START DATA FOR REVIEW

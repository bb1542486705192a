// Which byte breaks a record where, and whether it does.
use crate::busy::Stored;
use image::fields::RECORD;
use image::stored::{IMAGE, read};
use kernel::refusal::Refusal;
use task::parts::RECEIVE_BLOCKED;

// How many positions a record has.
pub(crate) const POSITIONS: u8 = RECORD as u8;

// The first tid of no task.
const FIRST_UNUSED: u8 = 13;

// A byte where only some are good, next to the one that stands there.
fn beside(old: u8) -> u8 {
    if old == 0 { 1 } else { old - 1 }
}

// A target of itself; an event of 64, and no other state has such a byte.
fn wrong_target(state: u8, tid: u8) -> u8 {
    if state == RECEIVE_BLOCKED { tid } else { 64 }
}

// What a record cannot hold at a place: of the states that use the byte because it is out of its range, of the others because it is
// not 0. Only the low bytes of a value and those of an entry number have no such byte: of an unused slot these are not 0 either.
pub(crate) fn wrong(tid: u8, state: u8, at: u8, old: u8) -> u8 {
    match at {
        0 => 8,
        1 => 32,
        2 => tid,
        3 => beside(old),
        4 => wrong_target(state, tid),
        5 => 3,
        6 | 8 | 10 | 12 => 255,
        7 | 9 | 11 | 13 => 2,
        14 => FIRST_UNUSED,
        15 => 2,
        16 => 252,
        17 | 18 | 20 | 21 | 22 | 23 => beside(old),
        _ => 128,
    }
}

impl Stored {
    // The image with one byte of it replaced.
    fn replaced(&self, at: usize, byte: u8) -> [u8; IMAGE] {
        let mut damaged = self.image;
        if let Some(place) = damaged.get_mut(at) {
            *place = byte;
        }
        damaged
    }

    // Whether that is refused by 2.
    pub(crate) fn breaks(&self, at: usize, byte: u8) -> bool {
        read(self.edition, &self.replaced(at, byte)).verdict == Refusal::BadTable.number()
    }

    // How many values a byte can have with the image accepted.
    pub(crate) fn good_values(&self, at: usize) -> usize {
        (0..=255u8).filter(|value| !self.breaks(at, *value)).count()
    }
}
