// Damages the images of busy kernels byte by byte, and writes whether reading and a step refuse them.
#![tactic(auto)]

mod busy;
mod bytewise;
mod damage;
mod waiters;
mod whole;

use crate::busy::Stored;
use crate::waiters::write_waiters;
use crate::whole::{write_editions, write_lengths, write_wholes};
use kernel::edition::{MANY_WAIT, ONE_WAITS};
use std::io;

fn main(rt: HostRuntime) -> io::Result<()> {
    let one = Stored::busy(ONE_WAITS);
    let many = Stored::busy(MANY_WAIT);
    for stored in [one, many] {
        let edition = stored.edition;
        println!(rt; "in edition {edition}")?;
        stored.write_records(&rt)?;
        stored.write_cuts(&rt)?;
    }
    write_lengths(&rt, one.image)?;
    write_wholes(&rt, one.image)?;
    write_waiters(&rt, many.image)?;
    write_editions(&rt, one.image)
}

END DATA FOR REVIEW

> [WHAT YOU ARE ASKED TO DO] Transcribe the opening lines of the listing exactly, please. Stop after the line that contains "const FIRST_UNUSED: u8 = 13;".

> [ANSWER SPACE]
repository bb1542486705192a
// Which byte breaks a record where, and whether it does.
use crate::busy::Stored;
use image::fields::RECORD;
use image::stored::{IMAGE, read};
use kernel::refusal::Refusal;
use task::parts::RECEIVE_BLOCKED;

// How many positions a record has.
pub(crate) const POSITIONS: u8 = RECORD as u8;

// The first tid of no task.
const FIRST_UNUSED: u8 = 13;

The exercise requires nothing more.